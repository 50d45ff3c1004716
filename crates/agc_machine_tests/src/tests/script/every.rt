//! Tests lines that stand for several events.
use super::*;

#[test]
fn every_line(rt: HostRuntime) {
    let whole = [raise(5, 8), raise(15, 8), raise(25, 8)];
    lists(&rt, b"every 10 5 25 raise 8", &whole);
    let two = [raise(5, 8), raise(7, 9), raise(15, 8)];
    lists(&rt, b"every 10 5 24 raise 8\nevery 1 7 7 raise 9", &two);
}

#[test]
fn every_interleaves(rt: HostRuntime) {
    let file = b"every 10 0 30 raise 8\n10 raise 1\nevery 10 10 20 raise 2";
    let want = [
        raise(0, 8),
        raise(10, 8),
        raise(10, 1),
        raise(10, 2),
        raise(20, 8),
        raise(20, 2),
        raise(30, 8),
    ];
    lists(&rt, file, &want);
}

#[test]
fn every_faults(rt: HostRuntime) {
    equal(
        &rt,
        parse(&rt, b"every 1 0 65535 raise 1").len(),
        MOST_EVENTS,
    );
    refuses(
        &rt,
        &[
            (b"every 1 0 65536 raise 1", 1, FaultKind::TooMany),
            (b"every 1 0 1000000000000 raise 1", 1, FaultKind::TooMany),
            (b"every 0 0 5 raise 1", 1, FaultKind::OutOfRange),
            (b"every 5 10 9 raise 1", 1, FaultKind::OutOfRange),
            (b"every 5 10", 1, FaultKind::UnknownWord),
            (b"every x 0 5 raise 1", 1, FaultKind::BadCycle),
            (
                b"20 raise 1\nevery 1 19 30 raise 1",
                2,
                FaultKind::OutOfOrder,
            ),
            (b"every 5 raise 8", 1, FaultKind::BadCycle),
            (b"every 5", 1, FaultKind::UnknownWord),
            (b"every", 1, FaultKind::UnknownWord),
            (b"20 raise 1\nevery 5 10", 2, FaultKind::OutOfOrder),
            (b"20 raise 1\nevery 5 10 x", 2, FaultKind::BadCycle),
            (b"every 1 0 9 every 1 0 9 key 1", 1, FaultKind::UnknownWord),
            (b"every 0 0 5 raise x", 1, FaultKind::BadNumber),
        ],
    );
    accepts(
        &rt,
        &[
            b"every 5 0 100 raise 1\n0 raise 1",
            b"every 1 0 65534 raise 1\n0 raise 1",
        ],
    );
}
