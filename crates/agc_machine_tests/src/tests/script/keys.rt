//! Tests the keyboard: names and codes of its keys.
use super::*;

#[test]
fn keys_have_names_and_codes(rt: HostRuntime) {
    for (name, code) in [
        ("0", 0o20),
        ("1", 0o1),
        ("2", 0o2),
        ("3", 0o3),
        ("4", 0o4),
        ("5", 0o5),
        ("6", 0o6),
        ("7", 0o7),
        ("8", 0o10),
        ("9", 0o11),
        ("VERB", 0o21),
        ("NOUN", 0o37),
        ("RSET", 0o22),
        ("KEYREL", 0o31),
        ("+", 0o32),
        ("-", 0o33),
        ("ENTR", 0o34),
        ("CLR", 0o36),
    ] {
        has_code(&rt, name, code);
    }
    for name in ["", "verb", "VERBS", "PRO", "10"] {
        equal_at(&rt, name, Key::from_name(name.as_bytes()), None);
    }
}

/// Checks that the key with this name has this code.
fn has_code(rt: &impl Abort, name: &str, code: u16) {
    let key = Key::from_name(name.as_bytes()).expect(rt, "a key");
    equal_at(rt, name, key.name(), name);
    equal_at(rt, name, key.code().bits(), code);
}
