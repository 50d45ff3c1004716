//! The sums of a rope's banks as flight ropes have them: two words TC SELF and a check word end each bank.
ghost use Rattle.std.specs.Prelude.{◌≡◌, ◌<◌, ◌+◌, ◌++◌, ◌%◌, length, IfOk, IfSome, OnOk, option_map, true};
ghost use Rattle.agc_store.specs.Places.{fixed_banks, fixed_words};
ghost use Rattle.agc_mend.specs.BankSum.{sum_of_bank};
ghost use Rattle.agc_mend.specs.Parity.{damaged_words};
ghost use Rattle.agc_woven.specs.Sums.{
  are_right,
  checked_bank,
  checked_banks,
  filled_bank,
  filled_banks,
  filled_from,
  full_bank,
  full_banks,
  has_line,
  is_full,
  is_right,
  right_sum,
  self_word,
  start_behind,
  sum_start,
  summed_file,
  used_file,
  used_word,
  used_words,
  with_used,
};

use agc_listing::{PlacedWord, listed_address};
use agc_mend::{
    BankSum, SumFit, check_word, damaged_store, file_of_words, file_words, put_word, sum_in_bank,
};
use agc_store::place::{FIXED_BANK_SIZE, FIXED_BANKS, FIXED_WORDS, place_of};
use agc_store::{RopeForm, Store};
use agc_word::Narrow;
use std::alloc::{AllocError, Global};

/// A rope file whose banks end with sums.
#[derive(Drop)]
pub struct SummedRope {
    pub file: Vec<u8>,
    /// The banks with words that have no room for the three words of a sum.
    pub full: Vec<u8>,
}

/// Why a rope has no sums.
#[derive(Clone, Copy, Debug, PartialEq, Eq)]
pub enum SumsFault {
    /// Out of memory.
    Memory,
    /// A bank has another sum after all. The proofs do not rule this out; nothing is known that leads here.
    WrongSum,
}

impl From<AllocError> for SumsFault {
    fn from(_error: AllocError) -> SumsFault {
        SumsFault::Memory
    }
}

/// Puts three words into each bank with room for them: TC SELF twice, and the word that makes the sum of the bank its
/// number. `used` is a rope file that says where: behind its last word in the bank that is not +0. So a bank of `file` may
/// end with words +0 that are used. No file is returned unless each of these sums is right.
pub fn with_sums(
    alloc: Global,
    form: RopeForm,
    file: &[u8],
    used: &[u8],
) -> Result<SummedRope, SumsFault>
    requires file { length file.now % 2 ≡ 0 }
    requires used { length used.now % 2 ≡ 0 }
    ensures file { IfOk result (λ summed. summed.file.items ≡ summed_file form (damaged_words form used.now) file.now) }
    ensures right { IfOk result (λ summed. are_right fixed_banks (damaged_words form used.now) (damaged_words form summed.file.items) ≡ true) }
    ensures full { IfOk result (λ summed. summed.full.items ≡ full_banks fixed_banks (damaged_words form used.now)) }
{
    let store = damaged_store(alloc, form, used)?;
    let summed = summed_file(alloc, form, file, &store)?;
    let after = damaged_store(alloc, form, summed.as_slice())?;
    if !are_right(&store, &after) {
        return Err(SumsFault::WrongSum);
    }
    let full = full_banks(alloc, &store)?;
    Ok(SummedRope { file: summed, full })
}

#[tactic(auto, unfolding(crate::specs::Sums::summed_file))]
fn summed_file(
    alloc: Global,
    form: RopeForm,
    file: &[u8],
    store: &Store,
) -> Result<Vec<u8>, AllocError>
    requires { length file.now % 2 ≡ 0 }
    ensures file { IfOk result (λ summed. summed.items ≡ summed_file form store.now.fixed file.now) }
    ensures even { IfOk result (λ summed. length summed.items % 2 ≡ 0) }
{
    let words = file_words(alloc, file)?;
    let filled = filled_banks(form, words, store)?;
    let filled_file = file_of_words(alloc, filled.as_slice())?;
    let filled_store = damaged_store(alloc, form, filled_file.as_slice())?;
    let summed = checked_banks(form, filled, store, &filled_store)?;
    file_of_words(alloc, summed.as_slice())
}

/// Returns a rope file with +1 at exactly the places that lines of the source fill, and with its other words as they are.
/// `lines` has for each place the number of its line, or 0.
pub fn used_file(
    alloc: Global,
    form: RopeForm,
    file: &[u8],
    lines: &[usize],
) -> Result<Vec<u8>, AllocError>
    requires { length file.now % 2 ≡ 0 }
    ensures file { IfOk result (λ used. used.items ≡ used_file form file.now lines.now) }
    ensures even { IfOk result (λ used. length used.items % 2 ≡ 0) }
{
    let words = file_words(alloc, file)?;
    let used = used_words(form, words, lines)?;
    file_of_words(alloc, used.as_slice())
}

/// Puts +1 at each place that a line fills.
#[tactic(auto, using(crate::proofs::Banks::used_none, crate::proofs::Banks::used_more))]
fn used_words(form: RopeForm, words: Vec<u16>, lines: &[usize]) -> Result<Vec<u16>, AllocError>
    ensures { IfOk result (λ used. used.items ≡ used_words fixed_words form words.items lines.now) }
{
    let mut used = words;
    for place in 0..FIXED_WORDS as usize {
        put_used(&mut used, form, lines, place)?;
    }
    Ok(used)
}

fn put_used(
    words: &mut Vec<u16>,
    form: RopeForm,
    lines: &[usize],
    place: usize,
) -> Result<(), AllocError>
    requires { place < fixed_words }
    ensures { OnOk result (words.new.items ≡ with_used form words.old.items lines.now place) }
{
    if has_line(lines, place) {
        put_word(words, form, &used_word(place))?;
    }
    Ok(())
}

fn has_line(lines: &[usize], place: usize) -> bool
    ensures { result ≡ has_line lines.now place }
{
    match lines.get(place) {
        Some(number) => 0 < *number,
        None => false,
    }
}

fn used_word(place: usize) -> PlacedWord
    ensures { result ≡ used_word place }
{
    PlacedWord {
        place,
        word: Narrow::with_bits(1),
    }
}

/// Puts three words TC SELF behind the last word of each bank with room for them.
#[tactic(auto, using(crate::proofs::Banks::filled_none, crate::proofs::Banks::filled_more))]
fn filled_banks(form: RopeForm, words: Vec<u16>, store: &Store) -> Result<Vec<u16>, AllocError>
    ensures { IfOk result (λ filled. filled.items ≡ filled_banks fixed_banks form words.items store.now.fixed) }
{
    let mut filled = words;
    for bank in 0..FIXED_BANKS {
        fill_bank(&mut filled, form, store, bank)?;
    }
    Ok(filled)
}

fn fill_bank(
    words: &mut Vec<u16>,
    form: RopeForm,
    store: &Store,
    bank: u8,
) -> Result<(), AllocError>
    requires { bank < fixed_banks }
    ensures { OnOk result (words.new.items ≡ filled_bank form words.old.items store.now.fixed bank) }
{
    if let Some(start) = sum_start(store, bank) {
        put_word(words, form, &self_word(start))?;
        put_word(words, form, &self_word(start + 1))?;
        put_word(words, form, &self_word(start + 2))?;
    }
    Ok(())
}

/// Returns the place behind the last word of a bank that is not +0, if three words have room there.
#[tactic(auto, unfolding(crate::specs::Sums::sum_start))]
fn sum_start(store: &Store, bank: u8) -> Option<usize>
    requires { bank < fixed_banks }
    ensures start { result ≡ sum_start store.now.fixed bank }
    ensures range { IfSome result (λ start. start + 2 < fixed_words) }
{
    let sum = sum_in_bank(store, bank)?;
    if sum.last + 3 < FIXED_BANK_SIZE {
        Some(place_of(sum.bank, sum.last) as usize + 1)
    } else {
        None
    }
}

/// Returns TC with its own address.
fn self_word(place: usize) -> PlacedWord
    requires { place < fixed_words }
    ensures { result ≡ self_word place }
{
    PlacedWord {
        place,
        word: Narrow::with_bits(listed_address(place)),
    }
}

/// Puts the check word in place of the third of these words.
#[tactic(auto, using(crate::proofs::Banks::checked_none, crate::proofs::Banks::checked_more))]
fn checked_banks(
    form: RopeForm,
    words: Vec<u16>,
    store: &Store,
    filled: &Store,
) -> Result<Vec<u16>, AllocError>
    ensures { IfOk result (λ checked. checked.items ≡ checked_banks fixed_banks form words.items store.now.fixed filled.now.fixed) }
{
    let mut checked = words;
    for bank in 0..FIXED_BANKS {
        check_bank(&mut checked, form, store, filled, bank)?;
    }
    Ok(checked)
}

fn check_bank(
    words: &mut Vec<u16>,
    form: RopeForm,
    store: &Store,
    filled: &Store,
    bank: u8,
) -> Result<(), AllocError>
    requires { bank < fixed_banks }
    ensures { OnOk result (words.new.items ≡ checked_bank form words.old.items store.now.fixed filled.now.fixed bank) }
{
    match (sum_start(store, bank), check_word(filled, bank)) {
        (Some(_), Some(named)) => put_word(words, form, &named),
        _ => Ok(()),
    }
}

/// Returns whether each bank that got a sum has the right one.
#[tactic(auto, using(crate::proofs::Banks::right_none, crate::proofs::Banks::right_more))]
fn are_right(store: &Store, after: &Store) -> bool
    ensures { result ≡ are_right fixed_banks store.now.fixed after.now.fixed }
{
    let mut right = true;
    for bank in 0..FIXED_BANKS {
        right = right && is_right(store, after, bank);
    }
    right
}

fn is_right(store: &Store, after: &Store, bank: u8) -> bool
    requires { bank < fixed_banks }
    ensures { result ≡ is_right store.now.fixed after.now.fixed bank }
{
    sum_start(store, bank).is_none() || right_sum(sum_in_bank(after, bank))
}

fn right_sum(sum: Option<BankSum>) -> bool
    ensures { result ≡ right_sum sum }
{
    match sum {
        Some(sum) => !matches!(sum.fit, SumFit::Neither),
        None => false,
    }
}

/// Returns the banks with words that have no room for a sum.
#[tactic(auto, using(crate::proofs::Banks::full_none, crate::proofs::Banks::full_more))]
fn full_banks(alloc: Global, store: &Store) -> Result<Vec<u8>, AllocError>
    ensures { IfOk result (λ full. full.items ≡ full_banks fixed_banks store.now.fixed) }
{
    let mut full = Vec::new(alloc);
    for bank in 0..FIXED_BANKS {
        push_full(&mut full, store, bank)?;
    }
    Ok(full)
}

/// Appends a bank if it is full.
fn push_full(full: &mut Vec<u8>, store: &Store, bank: u8) -> Result<(), AllocError>
    requires { bank < fixed_banks }
    ensures { OnOk result (full.new.items ≡ full.old.items ++ full_bank (is_full store.now.fixed bank) bank) }
{
    if is_full(store, bank) {
        full.push(bank)?;
    }
    Ok(())
}

fn is_full(store: &Store, bank: u8) -> bool
    requires { bank < fixed_banks }
    ensures { result ≡ is_full store.now.fixed bank }
{
    sum_in_bank(store, bank).is_some() && sum_start(store, bank).is_none()
}
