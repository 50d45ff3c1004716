//! A writer that puts the source line behind each line with a place.
use crate::printed_place::PrintedLine;
use crate::source_lines::SourceLines;
use std::alloc::Global;
use std::io::{self, ErrorKind, Write};

/// Passes lines on. Behind each one with a place of the listing it writes ` # ` and file, number and text of the source
/// line.
#[derive(Drop)]
pub struct SourceWriter<W> {
    out: W,
    form: PrintedLine,
    first: SourceLines,
    second: Option<SourceLines>,
    /// The line so far.
    line: Vec<u8>,
}

impl<W: Write> SourceWriter<W> {
    /// Creates a writer before `out` for lines of this form, with the source lines of a run and of a second one. Lines of a
    /// second run get none if it has none.
    pub fn new(
        alloc: Global,
        out: W,
        form: PrintedLine,
        first: SourceLines,
        second: Option<SourceLines>,
    ) -> SourceWriter<W> {
        SourceWriter {
            out,
            form,
            first,
            second,
            line: Vec::new(alloc),
        }
    }

    /// Returns what it writes to.
    pub fn into_inner(self) -> W {
        self.out
    }

    /// Writes the line that is complete, with its source line.
    fn write_line(&mut self) -> io::Result<()> {
        self.out.write_all(self.line.as_slice())?;
        if let Some(place) = self.form.place_in(self.line.as_slice()) {
            if !self.form.is_of_second(self.line.as_slice()) {
                write_source(&mut self.out, &self.first, place)?;
            } else if let Some(second) = &self.second {
                write_source(&mut self.out, second, place)?;
            }
        }
        self.line.clear();
        self.out.write_all(b"\n")
    }

    fn keep(&mut self, part: &[u8]) -> io::Result<()> {
        match self.line.extend_from_slice(part) {
            Ok(()) => Ok(()),
            Err(_) => Err(io::Error::from(ErrorKind::OutOfMemory)),
        }
    }
}

/// Writes the source line of a place, if the listing has one.
fn write_source<W: Write>(out: &mut W, lines: &SourceLines, place: u32) -> io::Result<()> {
    match lines.line_at(place) {
        Some(source) => {
            out.write_all(b" # ")?;
            out.write_all(source)
        }
        None => Ok(()),
    }
}

impl<W: Write> Write for SourceWriter<W> {
    fn write(&mut self, buf: &[u8]) -> io::Result<usize> {
        match buf.iter().position(|byte| *byte == b'\n') {
            Some(end) => {
                self.keep(&buf[..end])?;
                self.write_line()?;
                Ok(end + 1)
            }
            None => {
                self.keep(buf)?;
                Ok(buf.len())
            }
        }
    }

    fn flush(&mut self) -> io::Result<()> {
        self.out.write_all(self.line.as_slice())?;
        self.line.clear();
        self.out.flush()
    }
}
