//! Puts source lines behind the lines of a text that is drawn.
use crate::printed_place::PrintedLine;
use crate::source_lines::SourceLines;
use std::alloc::AllocError;

/// Appends the lines of an answer, each after a blank, with ` # ` and the source line behind each one with a place of the
/// listing. Characters that would move a terminal's cursor become `?`.
pub fn push_with_sources(
    text: &mut String,
    lines: &str,
    sources: &SourceLines,
) -> Result<(), AllocError> {
    for line in lines.lines() {
        text.push_str(line)?;
        let answer = line.strip_prefix(" ").unwrap_or(line);
        if let Some(place) = PrintedLine::Console.place_in(answer.as_bytes()) {
            if let Some(source) = sources.line_at(place) {
                text.push_str(" # ")?;
                push_shown(text, source)?;
            }
        }
        text.push_str("\n")?;
    }
    Ok(())
}

/// Appends a source line as a terminal can show it.
fn push_shown(text: &mut String, source: &[u8]) -> Result<(), AllocError> {
    let Ok(source) = str::from_utf8(source) else {
        return text.push_str("?");
    };
    for letter in source.chars() {
        let shown = match letter {
            '\t' => ' ',
            '\0'..='\x1f' | '\x7f'..='\u{9f}' => '?',
            other => other,
        };
        text.push(shown)?;
    }
    Ok(())
}
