//! What `weave` writes beside the words of a source, the sums of the banks and a listing; and a rope's words as
//! interpretive code.
#![tactic(auto)]

mod followed_code;
mod interpretive_code;
mod source_listing;
mod sums;

pub use followed_code::followed_lines;
pub use interpretive_code::{OperationText, Operations, interpretive_lines, operations_at};
pub use source_listing::{ListingFault, listing_of};
pub use sums::{SummedRope, SumsFault, used_file, with_sums};
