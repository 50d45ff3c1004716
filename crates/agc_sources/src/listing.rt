//! Takes the lines of a listing apart.

/// The columns before the comment of a line without a word.
const INDENT: &[u8] = b"              ";

/// What a line of a listing has.
#[derive(Clone, Copy, Debug, PartialEq, Eq)]
pub(crate) struct ListingLine<'a> {
    /// The place and the word, both octal, if the line has them.
    pub(crate) word: Option<(&'a [u8], &'a [u8])>,
    /// File, number and text of the line of the source, if it begins here.
    pub(crate) source: Option<&'a [u8]>,
}

/// Takes a line apart: `PLACE WORD`, `PLACE WORD # SOURCE`, or fourteen blanks and `# SOURCE`. Returns `None` for any
/// other line.
pub(crate) fn listing_line(line: &[u8]) -> Option<ListingLine<'_>> {
    if let Some(rest) = line.strip_prefix(INDENT) {
        let source = Some(source_in(rest)?);
        return Some(ListingLine { word: None, source });
    }
    let (place, rest) = split_at_blank(line)?;
    let Some((word, rest)) = split_at_blank(rest) else {
        let word = Some((place, rest));
        return Some(ListingLine { word, source: None });
    };
    let source = if rest.is_empty() {
        None
    } else {
        Some(source_in(rest)?)
    };
    Some(ListingLine {
        word: Some((place, word)),
        source,
    })
}

/// Returns what stands behind `# `.
fn source_in(text: &[u8]) -> Option<&[u8]> {
    text.strip_prefix(b"# ")
}

/// Returns what stands before and behind the first blank.
pub(crate) fn split_at_blank(text: &[u8]) -> Option<(&[u8], &[u8])> {
    let at = text.iter().position(|byte| *byte == b' ')?;
    Some((text.get(..at)?, text.get(at.checked_add(1)?..)?))
}
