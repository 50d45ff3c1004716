//! Tests scripts that grow, are joined, and are printed.
use super::*;
use agc_script::push_what;

/// A line for each event; numbers in octal without leading zeros, words in five digits, cycles and interrupts in
/// decimal. An `every` is printed event by event.
#[test]
fn each_event_is_a_line(rt: HostRuntime) {
    let script = parse(
        &rt,
        b"0 key KEYREL\n3 pro down\n3 pro up\n7 input 033 00005\n8 pulse 24 mcdu\n9 raise 010\n\
        10 poke 3 0100 77777\nevery 5 11 17 key 0\n1000000000000 key +\n",
    );
    let mut text = String::new(rt.alloc());
    assert!(rt; script.push_text(&mut text).is_ok());
    let want = "0 key KEYREL\n3 pro down\n3 pro up\n7 input 33 00005\n8 pulse 24 mcdu\n9 raise 10\n\
        10 poke 3 100 77777\n11 key 0\n16 key 0\n1000000000000 key +\n";
    equal(&rt, text.as_str(), want);
    let again = parse(&rt, text.as_bytes());
    has(&rt, &again, listed(&rt, &script).as_slice());
}

#[test]
fn a_command_is_written_without_its_cycle(rt: HostRuntime) {
    let mut text = String::new(rt.alloc());
    assert!(rt; push_what(&mut text, What::Raise(5)).is_ok());
    equal(&rt, text.as_str(), "raise 5");
}

/// Events of one cycle stay in the order in which they were added.
#[test]
#[tactic(auto, unfolding(agc_script::specs::Event::IsWhatInRange))]
fn events_are_added_after_the_last(rt: HostRuntime) {
    let mut script = Script::empty(rt.alloc());
    assert!(rt; script.push(4, What::Raise(9)).is_ok());
    assert!(rt; script.push(4, What::Key(Key::Verb)).is_ok());
    assert!(rt; script.push(6, What::Raise(1)).is_ok());
    let want = [raise(4, 9), key(4, Key::Verb), raise(6, 1)];
    has(&rt, &script, &want);
}

/// Each injected event comes after the script's events of its cycle, and injected events of one cycle keep their
/// order.
#[test]
fn given_events_come_after_those_of_their_cycle(rt: HostRuntime) {
    let script = parse(&rt, b"5 raise 1\n6 raise 2");
    let given = parse(&rt, b"0 raise 7\n5 raise 3\n5 raise 4\n9 raise 5");
    let joined = script.join(rt.alloc(), &given).expect(&rt, "room");
    let want = [
        raise(0, 7),
        raise(5, 1),
        raise(5, 3),
        raise(5, 4),
        raise(6, 2),
        raise(9, 5),
    ];
    has(&rt, &joined, &want);
}

#[test]
fn a_script_before_a_cycle_ends_before_it(rt: HostRuntime) {
    let script = parse(&rt, b"5 raise 1\n6 raise 2\n6 raise 3\n7 raise 4");
    let early = script.before(rt.alloc(), 6).expect(&rt, "memory");
    has(&rt, &early, &[raise(5, 1)]);
    let all = script.before(rt.alloc(), 8).expect(&rt, "memory");
    equal(&rt, all.len(), 4);
}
···
> [TASK DIRECTIONS]: Above are some records; copy exactly the lines from the one with "24 raise 8\nevery" through the one with "0 65536 raise", both included, and no others.

> [FINAL ANSWER]:
    lists(&rt, b"every 10 5 24 raise 8\nevery 1 7 7 raise 9", &two);
}

#[test]
fn every_interleaves(rt: HostRuntime) {
    let file = b"every 10 0 30 raise 8\n10 raise 1\nevery 10 10 20 raise 2";
    let want = [
        raise(0, 8),
        raise(10, 8),
        raise(10, 1),
        raise(10, 2),
        raise(20, 8),
        raise(20, 2),
        raise(30, 8),
    ];
    lists(&rt, file, &want);
}

#[test]
fn every_faults(rt: HostRuntime) {
    equal(
        &rt,
        parse(&rt, b"every 1 0 65535 raise 1").len(),
        MOST_EVENTS,
    );
    refuses(
        &rt,
        &[
            (b"every 1 0 65536 raise 1", 1, FaultKind::TooMany),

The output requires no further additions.